De onde eu estava não foi possível vê-la, mas sabia quem era. Ela
tinha marido no navio e os dois ficavam sempre juntos no barracão. O
marido chorou e se lamentou em voz alta, querendo saber o que tinha
acontecido. Mas nós, as mulheres que estávamos mais perto, não
soubemos dizer. Ela apenas tinha fechado os olhos e morrido, sem que
ninguém percebesse. Nem sei como percebemos depois, porque, na maior
parte do tempo, ela tinha ficado quieta, sem se mexer, e talvez já
estivesse doente desde o embarque.
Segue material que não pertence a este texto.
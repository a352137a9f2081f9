use super::*;
use link_ends::NoMemory;
use std::alloc::Global;
use std::test::Fail;

/// Right words of `serve`.
const SERVES: &str = "\
serve --listen 127.0.0.1:8471 --rdb SAMPLE --sessions 100 --workers 4 --cap 8 db2a.example:446=10 db2b.example:446=0
serve --listen=a:0 --rdb=R --sessions=1 --workers=1 --cap=1 a:0=0
serve b:1=1 --cap 32 c:2=2 --workers 64 --sessions 1000000 --rdb A23456789012345678 --listen a-b.C:65535 b:1=65535
serve --listen a:0 --rdb R --sessions 1 --workers 1 --cap 1 -- a:0=0";

/// Wrong words of `serve`.
const NO_SERVES: &str = "\
Serve --listen a:1 --rdb R --sessions 1 --workers 1 --cap 1 a:0=0
serve
serve --rdb R --sessions 1 --workers 1 --cap 1 a:0=0
serve --listen a:1 --rdb R --sessions 1 --workers 1 --cap 1
serve --listen a:1 --listen a:1 --rdb R --sessions 1 --workers 1 --cap 1 a:0=0
serve --listen a:1 --rdb R --sessions 1 --workers 1 --cap 1 --wait 1 a:0=0
serve --listen a:1 --rdb R --sessions 1 --workers 1 --cap 1 a:0=0 --help
serve --listen a:1 --rdb R --sessions 01 --workers 1 --cap 1 a:0=0
serve --listen a:1 --rdb R --sessions 0 --workers 1 --cap 1 a:0=0
serve --listen a:1 --rdb R --sessions 1000001 --workers 1 --cap 1 a:0=0
serve --listen a:1 --rdb R --sessions 1 --workers 65 --cap 1 a:0=0
serve --listen a:1 --rdb R --sessions 1 --workers 1 --cap 33 a:0=0
serve --listen a:1 --rdb r --sessions 1 --workers 1 --cap 1 a:0=0
serve --listen a:65536 --rdb R --sessions 1 --workers 1 --cap 1 a:0=0
serve --listen a --rdb R --sessions 1 --workers 1 --cap 1 a:0=0
serve --listen :1 --rdb R --sessions 1 --workers 1 --cap 1 a:0=0
serve --listen a_b:1 --rdb R --sessions 1 --workers 1 --cap 1 a:0=0
serve --listen=-a:1 --rdb R --sessions 1 --workers 1 --cap 1 a:0=0
serve --listen a:1 --rdb R --sessions 1 --workers 1 --cap 1 a:0
serve --listen a:1 --rdb R --sessions 1 --workers 1 --cap 1 a:0=65536
serve --listen a:1 --rdb R --sessions 1 --workers 1 --cap 1 a:0=0 a:0=00";

/// Right words of `member`.
const MEMBERS: &str = "\
member --listen 0.0.0.0:446 --sessions 100 --workers 4 ALICE:SECRET BOB:SECRET
member A:A --workers=64 B:A --sessions=1000000 --listen=a:65535";

/// Wrong words of `member`.
const NO_MEMBERS: &str = "\
serve --listen a:1 --sessions 1 --workers 1 A:A
member --sessions 1 --workers 1 A:A
member --listen a:1 --sessions 1 --workers 1
member --listen a:1 --sessions 1 --workers 1 --cap 1 A:A
member --listen a:1 --sessions 1 --sessions 1 --workers 1 A:A
member --listen a:1 --sessions 1000001 --workers 1 A:A
member --listen a:1 --sessions 1 --workers 65 A:A
member --listen a:1 --sessions 1 --workers 1 A:a
member --listen a:1 --sessions 1 --workers 1 ALICEALICE:A
member --listen a:1 --sessions 1 --workers 1 A
member --listen a:1 --sessions 1 --workers 1 A:A:A
member --listen a:1 --sessions 1 --workers 1 A:A B:B A:B";

/// The words of a line, which stand between spaces.
fn words(alloc: Global, line: &str) -> Result<Vec<String>, NoMemory> {
    let mut words = Vec::new(alloc);
    for word in line.split(' ') {
        words.push(String::from_str(alloc, word)?)?;
    }
    Ok(words)
}

fn is_serve(alloc: Global, line: &str) -> Result<bool, NoMemory> {
    let words = words(alloc, line)?;
    Ok(read_serve(alloc, &words)?.is_some())
}

fn is_member(alloc: Global, line: &str) -> Result<bool, NoMemory> {
    let words = words(alloc, line)?;
    Ok(read_member(alloc, &words)?.is_some())
}

#[test]
fn words_of_serve(rt: HostRuntime) -> Result<(), Fail> {
    for line in SERVES.lines() {
        assert!(rt; is_serve(rt.alloc(), line)?, "{line}");
    }
    for line in NO_SERVES.lines() {
        assert!(rt; !is_serve(rt.alloc(), line)?, "{line}");
    }
    Ok(())
}

#[test]
fn words_of_member(rt: HostRuntime) -> Result<(), Fail> {
    for line in MEMBERS.lines() {
        assert!(rt; is_member(rt.alloc(), line)?, "{line}");
    }
    for line in NO_MEMBERS.lines() {
        assert!(rt; !is_member(rt.alloc(), line)?, "{line}");
    }
    Ok(())
}
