ghost use Rattle.std.specs.Prelude.{◌≡◌, map, option_map, string_bytes, IfOk};
ghost use Rattle.std.specs.List.{list_any};
ghost use Rattle.std.specs.Str.{bytes_eq};
ghost use Rattle.clap.specs.Words.{found_of, rows_of};
ghost use Rattle.server_words.specs.Field.{each_of, user_of, users_of, has_user, are_distinct};
ghost use Rattle.server_words.specs.Member.{options_of, with_users, membership_of, member_said, options_in, said_in, user_in};

use crate::command::{MEMBER, USER, is_named, member, parse, rest_in};
use crate::field::read_user;
use crate::serve::{listen_in, sessions_in, workers_in};
use clap::ArgMatches;
use link_ends::NoMemory;
use std::alloc::Global;

/// What `member` is called with, as its users are told.
pub const MEMBER_USAGE: &[u8] =
    b"usage: drda_gateway member --listen ADDR --sessions N --workers N USER...\n";

/// A user of a member, with the password.
#[derive(Drop)]
pub struct User {
    pub name: String,
    pub password: String,
}

/// What the words of `member` say.
#[derive(Drop)]
pub struct MemberWords {
    /// The address at which gateways are taken.
    pub listen: String,
    /// How many sessions are served, 1 to 1,000,000.
    pub sessions: u32,
    /// How many threads serve them, 1 to 64.
    pub workers: u32,
    /// The users, no two of one name.
    pub users: Vec<User>,
}

/// What the options of `member` say.
#[derive(Clone, Copy)]
struct MemberOptions<'a> {
    listen: &'a str,
    sessions: u32,
    workers: u32,
}

/// What the options say.
#[tactic(auto, unfolding(crate::specs::Member::options_of))]
fn options_in<'a>(matches: &ArgMatches<'a>) -> Option<MemberOptions<'a>>
    ensures { option_map options_in result ≡ options_of (rows_of (found_of matches.now)) }
{
    Some(MemberOptions {
        listen: listen_in(matches)?,
        sessions: sessions_in(matches)?,
        workers: workers_in(matches)?,
    })
}

/// Whether a user of this name is among these.
fn has_name(users: &[User], name: &str) -> bool
    ensures { result ≡ list_any (λ user. bytes_eq (string_bytes user.name) name.now) users.now }
{
    users.iter().any(|user| user.name.as_str() == name)
}

/// The same, of what is said of users.
fn has_user(users: &[User], name: &str) -> bool
    ensures { result ≡ has_user name.now (map user_in users.now) }
{
    has_name(users, name)
}

/// Whether no two users have one name.
fn are_distinct(users: &[User]) -> bool
    ensures { result ≡ are_distinct (map user_in users.now) }
{
    let mut rest = users;
    while let [user, behind @ ..] = rest {
        if has_user(behind, user.name.as_str()) {
            return false;
        }
        rest = behind;
    }
    true
}

/// The user of this name, with this password.
fn user_of(alloc: Global, parts: (&str, &str)) -> Result<User, NoMemory>
    ensures { IfOk result (λ user. user_in user ≡ (parts.entry.0.now, parts.entry.1.now)) }
{
    Ok(User {
        name: String::from_str(alloc, parts.0)?,
        password: String::from_str(alloc, parts.1)?,
    })
}

/// Each user, in order.
fn read_each(alloc: Global, words: &[&str]) -> Result<Option<Vec<User>>, NoMemory>
    ensures { IfOk result (λ read. option_map (λ users. map user_in users.items) read
        ≡ each_of user_of (map (λ word. word.now) words.now)) }
{
    let mut users = Vec::new(alloc);
    for word in words {
        match read_user(word) {
            Some(parts) => users.push(user_of(alloc, parts)?)?,
            None => return Ok(None),
        }
    }
    Ok(Some(users))
}

/// The users, where no two have one name.
#[tactic(auto, unfolding(crate::specs::Field::users_of))]
fn read_users(alloc: Global, words: &[&str]) -> Result<Option<Vec<User>>, NoMemory>
    ensures { IfOk result (λ read. option_map (λ users. map user_in users.items) read
        ≡ users_of (map (λ word. word.now) words.now)) }
{
    match read_each(alloc, words)? {
        Some(users) if are_distinct(users.as_slice()) => Ok(Some(users)),
        _ => Ok(None),
    }
}

/// What is said with these options and these users.
fn with_users(
    alloc: Global,
    options: MemberOptions,
    words: &[&str],
) -> Result<Option<MemberWords>, NoMemory>
    ensures { IfOk result (λ read. option_map said_in read ≡ with_users (options_in options.entry) (map (λ word. word.now) words.now)) }
{
    match read_users(alloc, words)? {
        Some(users) => Ok(Some(MemberWords {
            listen: String::from_str(alloc, options.listen)?,
            sessions: options.sessions,
            workers: options.workers,
            users,
        })),
        None => Ok(None),
    }
}

/// What is said by what was found.
#[tactic(auto, unfolding(crate::specs::Member::membership_of))]
fn membership_in(alloc: Global, matches: &ArgMatches) -> Result<Option<MemberWords>, NoMemory>
    ensures { IfOk result (λ read. option_map said_in read ≡ membership_of (rows_of (found_of matches.now))) }
{
    let Some(options) = options_in(matches) else {
        return Ok(None);
    };
    match rest_in(matches, USER) {
        Some(words) => with_users(alloc, options, words),
        None => Ok(None),
    }
}

/// What the words of `member` say, the name of the command first. None exactly where they aren't right: where clap's
/// command doesn't take them, or a value isn't as it has to be. The only error is want of memory.
#[tactic(auto, unfolding(crate::specs::Member::member_said))]
pub fn read_member(alloc: Global, words: &[String]) -> Result<Option<MemberWords>, NoMemory>
    ensures { IfOk result (λ read. option_map said_in read ≡ member_said (map string_bytes words.now)) }
{
    if !is_named(words, MEMBER) {
        return Ok(None);
    }
    match parse(member(alloc)?, words)? {
        Some(matches) => membership_in(alloc, &matches),
        None => Ok(None),
    }
}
Foi a primeira a morrer sem causa
aparente, e nos dias seguintes outras pessoas adoeceram, homens,
mulheres, hauçás, ketus, peles, ijexás… Alguns diziam que era
porque estávamos ali havia muitos dias, no meio daquela imundície
toda, respirando um ar que não era de gente respirar, sem ver o sol,
sem tomar chuva, sem nos lavarmos, sem comer e sem beber água
direito. A Taiwo começou a chorar porque o vestido novo já estava
muito sujo, e a minha avó disse que o lavaria quando chegássemos ao
estrangeiro. Mas eu preferia chegar daquele jeito mesmo, bem suja
para que os brancos não quisessem nos fazer de carneiros. Carneiros
de verdade eram limpos. E também para que não nos quisessem de
presente, nem a mim nem à Taiwo, pois eu não gostava da ideia de
dar sorte para gente que tratava gente pior do que se trata carneiro.
No
dia em que morreram mais duas pessoas, um homem e uma mulher,
apareceram alguns brancos para ver o que estava acontecendo, mas não
chegaram a entrar no porão. Olharam pela portinhola aberta no teto e
logo mandaram fechar. Voltaram mais tarde, com os rostos cobertos por
panos que cheiravam muito bem, ainda melhor que os cheiros das ervas
que a minha mãe costumava passar no corpo, em Savalu, antes de ir
dançar no mercado. Somente os olhos deles estavam de fora, e percebi
que tinham um olhar de nojo e medo. Não nos tocavam, e quando
queriam que um de nós se virasse de frente, ou de costas, ou de
lado, cutucavam de longe com bastões de madeira. Escolheram alguns
homens fortes e fizeram com que eles tirassem dali mais de dez
pessoas, todas muito doentes, que depois soubemos terem sido jogadas
ao mar. Os homens que tinham ajudado a carregar os doentes para fora
do porão não queriam contar nada, pois tinham sido avisados de que
seriam punidos se contassem. Mas um deles não se amedrontou e, em um
tom de voz bastante baixo, contou o que foi repassado de ouvido em
ouvido, quase um sussurro, como se o ar abafado pudesse grudar nas
palavras e carregá-las para fora do porão até os ouvidos dos
homens que eram capazes de jogar pessoas vivas ao mar, para alimentar
os peixes. E nem eram todos brancos, os guardas. Alguns eram até
mais pretos do que eu, ou a minha avó e a Taiwo, mas agiam como se
não fossem, como se trabalhar ao lado de brancos mudasse a cor da
pele deles e os fizesse melhores do que nós.